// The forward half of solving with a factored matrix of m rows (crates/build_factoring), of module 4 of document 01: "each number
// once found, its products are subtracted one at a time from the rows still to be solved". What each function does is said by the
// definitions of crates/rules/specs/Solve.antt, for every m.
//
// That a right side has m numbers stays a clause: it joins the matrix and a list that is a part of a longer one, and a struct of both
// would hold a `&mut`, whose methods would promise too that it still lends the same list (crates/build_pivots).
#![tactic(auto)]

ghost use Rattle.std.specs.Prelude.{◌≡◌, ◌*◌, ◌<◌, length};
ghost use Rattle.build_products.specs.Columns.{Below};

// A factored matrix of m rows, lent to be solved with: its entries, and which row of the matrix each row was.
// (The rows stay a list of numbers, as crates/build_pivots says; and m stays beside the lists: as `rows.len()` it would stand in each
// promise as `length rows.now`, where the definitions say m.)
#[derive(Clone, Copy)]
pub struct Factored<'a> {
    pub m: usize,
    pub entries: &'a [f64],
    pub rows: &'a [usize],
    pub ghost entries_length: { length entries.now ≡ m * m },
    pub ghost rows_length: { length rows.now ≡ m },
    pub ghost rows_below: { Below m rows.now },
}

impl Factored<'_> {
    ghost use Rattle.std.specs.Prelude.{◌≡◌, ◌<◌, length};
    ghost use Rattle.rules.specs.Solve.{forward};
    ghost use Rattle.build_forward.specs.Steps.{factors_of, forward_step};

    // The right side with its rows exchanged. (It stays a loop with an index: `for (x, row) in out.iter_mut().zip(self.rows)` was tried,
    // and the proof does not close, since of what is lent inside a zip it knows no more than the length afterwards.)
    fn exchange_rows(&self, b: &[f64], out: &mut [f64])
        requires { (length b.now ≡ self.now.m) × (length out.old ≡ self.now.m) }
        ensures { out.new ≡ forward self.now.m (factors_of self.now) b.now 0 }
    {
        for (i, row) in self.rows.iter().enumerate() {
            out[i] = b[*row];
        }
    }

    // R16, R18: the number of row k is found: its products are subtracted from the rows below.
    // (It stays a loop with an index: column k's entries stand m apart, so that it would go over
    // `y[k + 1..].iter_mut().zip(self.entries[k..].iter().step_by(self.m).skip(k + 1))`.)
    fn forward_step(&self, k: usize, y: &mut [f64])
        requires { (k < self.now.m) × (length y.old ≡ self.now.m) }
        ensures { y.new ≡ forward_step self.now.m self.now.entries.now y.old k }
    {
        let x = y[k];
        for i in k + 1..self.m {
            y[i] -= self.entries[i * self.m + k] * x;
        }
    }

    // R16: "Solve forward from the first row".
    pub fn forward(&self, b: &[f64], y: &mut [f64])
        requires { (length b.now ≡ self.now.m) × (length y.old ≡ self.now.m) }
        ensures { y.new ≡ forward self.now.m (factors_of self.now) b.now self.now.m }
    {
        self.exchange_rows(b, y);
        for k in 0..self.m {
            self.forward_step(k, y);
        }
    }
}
========================
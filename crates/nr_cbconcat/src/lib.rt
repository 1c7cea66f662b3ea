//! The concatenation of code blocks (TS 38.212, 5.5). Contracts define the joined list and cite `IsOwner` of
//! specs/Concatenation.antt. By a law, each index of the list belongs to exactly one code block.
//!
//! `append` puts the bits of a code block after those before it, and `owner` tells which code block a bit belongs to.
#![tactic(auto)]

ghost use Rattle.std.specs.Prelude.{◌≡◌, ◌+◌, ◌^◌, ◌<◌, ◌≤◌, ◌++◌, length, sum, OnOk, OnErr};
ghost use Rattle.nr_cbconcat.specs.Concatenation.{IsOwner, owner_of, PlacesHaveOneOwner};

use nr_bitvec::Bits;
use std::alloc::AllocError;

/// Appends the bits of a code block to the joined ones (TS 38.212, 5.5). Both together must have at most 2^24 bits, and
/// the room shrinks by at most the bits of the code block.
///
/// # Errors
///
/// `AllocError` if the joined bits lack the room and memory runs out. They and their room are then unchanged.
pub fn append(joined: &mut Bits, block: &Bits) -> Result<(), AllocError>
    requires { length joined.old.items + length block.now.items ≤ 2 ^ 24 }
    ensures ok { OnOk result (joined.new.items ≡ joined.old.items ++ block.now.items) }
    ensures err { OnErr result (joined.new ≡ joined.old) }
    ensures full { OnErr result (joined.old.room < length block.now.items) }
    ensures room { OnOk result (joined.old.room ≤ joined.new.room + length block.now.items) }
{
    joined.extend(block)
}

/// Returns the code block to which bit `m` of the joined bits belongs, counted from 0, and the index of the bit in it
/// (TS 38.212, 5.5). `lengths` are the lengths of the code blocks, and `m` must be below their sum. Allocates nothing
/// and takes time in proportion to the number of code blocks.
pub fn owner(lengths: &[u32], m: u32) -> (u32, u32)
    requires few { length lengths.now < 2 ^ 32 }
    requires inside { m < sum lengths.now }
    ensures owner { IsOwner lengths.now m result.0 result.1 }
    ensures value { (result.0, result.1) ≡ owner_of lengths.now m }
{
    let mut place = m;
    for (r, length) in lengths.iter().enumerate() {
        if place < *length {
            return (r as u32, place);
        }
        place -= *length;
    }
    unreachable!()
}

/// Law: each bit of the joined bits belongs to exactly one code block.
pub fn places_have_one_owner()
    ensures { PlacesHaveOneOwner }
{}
========================
> Your task: The range runs from the line with "are then unchanged." up to and including the line with "length joined.old.items +" in the listing above; please write out exactly those lines and nothing more.

> Answer space:
/// `AllocError` if the joined bits lack the room and memory runs out. They and their room are then unchanged.
pub fn append(joined: &mut Bits, block: &Bits) -> Result<(), AllocError>
    requires { length joined.old.items + length block.now.items ≤ 2 ^ 24 }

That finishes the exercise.